**YOUR GOAL**
Every line from the start of the records below to the line containing "pub fn solve(alloc: Global, p: &Program, nodes: u32)" should be retyped exactly, that line included, and no others.

**RECORD EXCERPTS**
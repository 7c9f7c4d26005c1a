ghost use Rattle.std.specs.Prelude.{◌≡◌, ◌≤◌, ◌<◌, ℕ, All, IfOk, MatchOption, ⊤};
ghost use Rattle.pc_program_bound.specs.Allocation.{IsProgram};
ghost use Rattle.pc_program_bound.specs.Bound.{IsFit, HasFitWidth};
ghost use Rattle.pc_branch.specs.Licence.{no_multipliers};
ghost use Rattle.pc_branch.specs.Outcome.{IsOutcome, IsDecided, IsEasyProgram};
ghost use Rattle.pc_branch.specs.Steps.{budget_of, IsAt};

use crate::ended::outcome;
use crate::one_leaf::in_one_leaf;
use crate::outcome::Outcome;
use crate::search::{Hand, Search};
use crate::start::start;
use pc_nested::{is_nested, solve_nested};
use pc_num::Memory;
use pc_program::{greedy, has_one_bits};
use pc_program_bound::Program;
use std::alloc::Global;

/// The greatest worth of a program, by a tree of at most so many nodes. Where any two constraints share no cell or one is
/// inside the other, there are at most 40 cells, and each gain is below 2^87 in size, it is found without a search.
pub fn solve(alloc: Global, p: &Program, nodes: u32) -> Result<Outcome, Memory>
    requires program { IsProgram p.now }
    requires width { HasFitWidth p.now (no_multipliers p.now) }
    requires nodes { (1 ≤ nodes) × (nodes ≤ 100_000) }
    ensures outcome { IfOk result (IsOutcome p.now nodes) }
    ensures nested { IsEasyProgram p.now → IfOk result IsDecided }
{
    if has_one_bits(p) {
        return in_one_leaf(alloc, greedy(alloc, p)?, nodes);
    }
    if is_nested(p) {
        return in_one_leaf(alloc, solve_nested(alloc, p)?, nodes);
    }
    search(alloc, p, nodes)
}

fn search(alloc: Global, p: &Program, nodes: u32) -> Result<Outcome, Memory>
    requires program { IsProgram p.now }
    requires width { HasFitWidth p.now (no_multipliers p.now) }
    requires nodes { (1 ≤ nodes) × (nodes ≤ 100_000) }
    ensures { IfOk result (IsOutcome p.now nodes) }
{
    let (mut search, hand) = start(alloc, p, nodes)?;
    let hand = go_on(alloc, p, &mut search, hand)?;
    outcome(alloc, p, search, hand)
}

/// Splits node after node, until the search is over or there is no room. It answers the node that there was no room for.
fn go_on(
    alloc: Global,
    p: &Program,
    search: &mut Search,
    hand: Option<Hand>,
) -> Result<Option<Hand>, Memory>
    requires program { IsProgram p.now }
    requires width { HasFitWidth p.now (no_multipliers p.now) }
    requires few { budget_of search.old ≤ 100_000 }
    requires at { IsAt p.now search.old hand }
    ensures at { IfOk result (λ hand. IsAt p.now search.new hand) }
    ensures spent { IfOk result (λ hand. MatchOption hand ⊤ (λ _. search.new.frontier.room < 2)) }
    ensures budget { IfOk result (λ _. budget_of search.new ≡ budget_of search.old) }
{
    let mut hand = hand;
    while let Some(next) = hand {
        if search.frontier.room() < 2 {
            return Ok(hand);
        }
        let first = search.divide(alloc, p, next)?;
        hand = search.pick_child(first);
    }
    Ok(None)
}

**COMPLETED EXERCISE**
repository 7c9f7c4d26005c1a
ghost use Rattle.std.specs.Prelude.{◌≡◌, ◌≤◌, ◌<◌, ℕ, All, IfOk, MatchOption, ⊤};
ghost use Rattle.pc_program_bound.specs.Allocation.{IsProgram};
ghost use Rattle.pc_program_bound.specs.Bound.{IsFit, HasFitWidth};
ghost use Rattle.pc_branch.specs.Licence.{no_multipliers};
ghost use Rattle.pc_branch.specs.Outcome.{IsOutcome, IsDecided, IsEasyProgram};
ghost use Rattle.pc_branch.specs.Steps.{budget_of, IsAt};

use crate::ended::outcome;
use crate::one_leaf::in_one_leaf;
use crate::outcome::Outcome;
use crate::search::{Hand, Search};
use crate::start::start;
use pc_nested::{is_nested, solve_nested};
use pc_num::Memory;
use pc_program::{greedy, has_one_bits};
use pc_program_bound::Program;
use std::alloc::Global;

/// The greatest worth of a program, by a tree of at most so many nodes. Where any two constraints share no cell or one is
/// inside the other, there are at most 40 cells, and each gain is below 2^87 in size, it is found without a search.
pub fn solve(alloc: Global, p: &Program, nodes: u32) -> Result<Outcome, Memory>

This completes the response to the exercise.